В Большом театре и Метрополитен-опера. Годы жизни в Москве и Нью-Йорке. (Штильман) - страница 68

Самое интересное произошло в финале 6-й Симфонии Чайковского. Когда мы начали играть финал в «концертной обработке» Жюрайтиса, во втором ряду поднялся во весь рост какой-то мужчина средних лет, и застыл в такой позиции, как-то двусмысленно улыбаясь, как умеют только японцы, как бы не веря своим глазам и ушам! Он явно знал партитуру! Он не мог себе представить, что оркестр такого знаменитого театра мог играть не то, что написано в нотах! Вскоре он сел, но теперь уже совершенно ясная саркастическая улыбка не сходила с его лица весь финал. Он сидел близко, и его было хорошо видно. Он всё понял… отдав, так сказать должное, «аранжировщику» Чайковского.

Жюрайтис, упоённый собой, закрыв глаза – «а ля Караян» – самозабвенно размахивал своей длинной дирижёрской палкой, наподобие небольшого бильярдного кия, ничего не заметив, и никогда не узнав, что его слушатель в зрительном зале всё понял и всё услышал. Впрочем, Жюрайтису это было бы безразлично. Его любовь к самому себе и непоколебимая вера в свой необыкновенный дирижёрский талант от такого эпизода всё равно нисколько бы не поколебалась!

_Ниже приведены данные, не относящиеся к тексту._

//! Settles values by following changes: whoever falls tells those who read it.
ghost use Rattle.std.specs.Prelude.{◌≡◌, ◌⊎◌, ◌+◌, ◌<◌, ◌≤◌, ℕ, All, IfOk, IsFalse, OnOk, length, slice_index, sum};
ghost use Rattle.px_base.specs.Values.{IsValue, IsValueList};
ghost use Rattle.px_base.specs.Classes.{is_mex};
ghost use Rattle.px_base.specs.Graphs.{RowsFit};
ghost use Rattle.consistent_solver.specs.Sweeps.{AreTold, HasTold, IsMarked, IsSettled, IsWaitingList, TellsNothing};

use crate::sweeps::sweep_some;
use crate::waiting::Waiting;
use px_base::{CoreProgram, Memory, Row, Rows, TOP, Value};
use row_blocks::transposed;
use std::alloc::Global;
use value_laws::EdgeRule;

/// Lowers each reader's value to what it reads, the edge value of `value`, where that is less. Those that fall wait.
fn tell(
    core: &CoreProgram,
    value: Value,
    readers: &Row<'_>,
    values: &mut [Value],
    waiting: &mut Waiting,
) -> Result<(), Memory>
    requires value { IsValue value }
    requires readers { All (λ e. e.source < length values.old) readers.now }
    requires list { IsWaitingList (length values.old) waiting.old }
    ensures told { OnOk result (HasTold core.now value readers.now (length readers.now) values.old values.new waiting.old.marks.items waiting.new.marks.items) }
    ensures list { OnOk result (IsWaitingList (length values.old) waiting.new) }
    ensures falls { OnOk result (sum values.new + length waiting.new.queue.items ≤ sum values.old + length waiting.old.queue.items) }
{
    for k in 0..readers.len() {
        let entry = readers.read(k);
        let offered = core.value(value, entry.weight);
        if offered < values[entry.source as usize] {
            values[entry.source as usize] = offered;
            waiting.put(entry.source)?;
        }
    }
    Ok(())
}

/// Follows changes: the readers of the marked vertices are told of their values, those of all that fall by it are told in
/// their turn, and so on until nobody waits.
fn follow(
    alloc: Global,
    core: &CoreProgram,
    n: u32,
    rows: &Rows,
    values: &mut [Value],
    marks: Vec<bool>,
) -> Result<(), Memory>
    requires size { length rows.now ≡ n }
    requires rows { RowsFit (length rows.now) rows.now }
    requires values { IsValueList (length rows.now) values.old }
    requires marks { length marks.items ≡ length rows.now }
    requires told { AreTold core.now rows.now marks.items values.old }
    requires fold { IsFalse (is_mex core.now.program.fold) }
    ensures { OnOk result (IsSettled core.now rows.now values.old values.new) }
{
    let readers = transposed(alloc, n, rows)?;
    let mut waiting = Waiting::of(alloc, marks)?;
    while let Some(v) = waiting.take() {
        tell(
            core,
            values[v as usize],
            &readers.row(v as usize),
            values,
            &mut waiting,
        )?;
    }
    Ok(())
}

/// Marks those whose value may lower a reader's. TOP lowers none, where no edge makes a value better.
fn tellers(alloc: Global, core: &CoreProgram, values: &[Value]) -> Result<Vec<bool>, Memory>
    requires { All IsValue values.now }
    ensures one_each { IfOk result (λ marks. length marks.items ≡ length values.now) }
    ensures others { IfOk result (λ marks. (v : ℕ) → v < length values.now → IsMarked marks.items v ⊎ TellsNothing core.now (slice_index values.now v)) }
{
    let keeps_top = core.never_improves();
    let marks = values
        .iter()
        .map(move |value| *value < TOP || !keeps_top)
        .collect::<Vec<bool>>(alloc)?;
    Ok(marks)
}

/// Whether so few are marked that it is quicker to follow them than to sweep over all. Either way is right, so no clause
/// speaks of it.
fn are_few(marks: &[bool]) -> bool {
    marks.iter().filter(|mark| **mark).count() <= marks.len() / 16
}

/// Lowers values until each vertex has at most what it reads. Where few have something to tell in the beginning, these are
/// followed. Else there are some sweeps, which is all where the vertices lie in a good order, and then the changes of the
/// last sweep are followed. Errors: want of memory.
pub fn settle(
    alloc: Global,
    core: &CoreProgram,
    n: u32,
    rows: &Rows,
    values: &mut [Value],
) -> Result<(), Memory>
    requires size { length rows.now ≡ n }
    requires rows { RowsFit (length rows.now) rows.now }
    requires values { IsValueList (length rows.now) values.old }
    requires fold { IsFalse (is_mex core.now.program.fold) }
    ensures { OnOk result (IsSettled core.now rows.now values.old values.new) }
{
    let mut marks = tellers(alloc, core, values)?;
    if are_few(&marks) {
        return follow(alloc, core, n, rows, values, marks);
    }
    if sweep_some(core, rows, values, marks.as_mut_slice()) {
        follow(alloc, core, n, rows, values, marks)?;
    }
    Ok(())
}
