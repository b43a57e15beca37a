//! The answer of a locally correcting program: the greatest consistent list.
ghost use Rattle.std.specs.Prelude.{◌≡◌, IfOk, Ok, OnOk, length};
ghost use Rattle.px_base.specs.declared.program.Class.TheVariants.{LocallyCorrecting};
ghost use Rattle.px_base.specs.Values.{IsValueList};
ghost use Rattle.px_base.specs.Graphs.{RowsFit};
ghost use Rattle.px_base.specs.Classes.{class_of};
ghost use Rattle.px_base.specs.Answers.{IsGreatestConsistent};

use crate::following::settle;
use px_base::{Memory, Program, ReadGraph, Rows, Value};
use std::alloc::Global;
use value_laws::{core_form, turn};

/// Puts the answer in place of the start values.
fn solve_in_place(
    alloc: Global,
    program: &Program,
    n: u32,
    rows: &Rows,
    values: &mut [Value],
) -> Result<(), Memory>
    requires size { length rows.now ≡ n }
    requires class { class_of program.now ≡ Ok LocallyCorrecting }
    requires rows { RowsFit (length rows.now) rows.now }
    requires starts { IsValueList (length rows.now) values.old }
    ensures { OnOk result (IsGreatestConsistent program.now rows.now values.old values.new) }
{
    let core = core_form(program);
    turn(&core, values);
    settle(alloc, &core, n, rows, values)?;
    turn(&core, values);
    Ok(())
}

/// The answer of a locally correcting program on the graph: the greatest consistent list. It is found in core values, in place.
/// Where at most a sixteenth of the vertices have something to tell, changes are followed at once: whoever falls tells those who
/// read it, first come first told. So a vertex is looked at again only where one that it reads has fallen. Where more have, sweeps
/// over the vertices in rising order come first, 12 at most, until a sweep changes nothing; where the last of them still changes
/// something, changes are followed from there. The list of values takes 8 bytes for each vertex, and the marks of those that fell
/// take 1; to follow changes takes 8 bytes for each read and 8 for each vertex besides. Errors: want of memory.
pub fn solve_consistent(
    alloc: Global,
    graph: &ReadGraph,
    program: &Program,
    starts: &[Value],
) -> Result<Vec<Value>, Memory>
    requires class { class_of program.now ≡ Ok LocallyCorrecting }
    requires rows { RowsFit graph.now.n graph.now.rows }
    requires starts { IsValueList graph.now.n starts.now }
    ensures { IfOk result (λ x. IsGreatestConsistent program.now graph.now.rows starts.now x.items) }
{
    let mut values = Vec::from_slice(alloc, starts)?;
    solve_in_place(alloc, program, graph.n, &graph.rows, values.as_mut_slice())?;
    Ok(values)
}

Справедливости ради нужно сказать, что конечно, Жюрайтис был вполне на своём месте, как дирижёр балетных спектаклей. Он обладал отличной памятью, был мало зависим от партитуры, то есть большую часть времени «держал её в голове», а не наоборот и, безусловно, хорошо знал специфику балета. Но, когда дело касалось больших тонкостей музыки как таковой, то, на мой взгляд, тут он уступал Копылову именно в гибкости, вкусе, теплоте. Он оставался всегда холодным и очень дистанцированным, несмотря на близкое расстояние, от оркестра и его солистов. Он ясно ощущал себя на огромной высоте над всеми как в жизни, так и в своей работе, и на такой высоте он и оставался – в полном одиночестве – в ощущении своей необыкновенной значимости.

То есть, технически он делал всё правильно и достаточно точно, но его дирижирование несло чувство холода и отторженности как от окружающих его людей, так и от глубинной сущности – души самой музыки. Главной целью его выступлений, повторим это ещё раз – всегда казалась не музыка композитора, а он сам. Таким он и остался в моей памяти. Таким он остался и в памяти моих коллег-американцев.

Но вот что интересно: Жюрайтис, нисколько не смущаясь, переделывал тексты партитур композиторов – и не только Чайковского – но публично, в печати отказывал в праве на собственную композиторскую версию «Пиковой дамы» одному из самых прославленных композиторов мира – Альфреду Шнитке.

11 марта 1978 года Жюрайтис, разумеется, с благословления властей, выступил со статьёй в газете «Правда» по поводу заказанной режиссёру Юрию Любимову и композитору Альфреду Шнитке версии «Пиковой дамы» для Парижской оперы в 1977 году. Дирижировать был приглашён Геннадий Рождественский.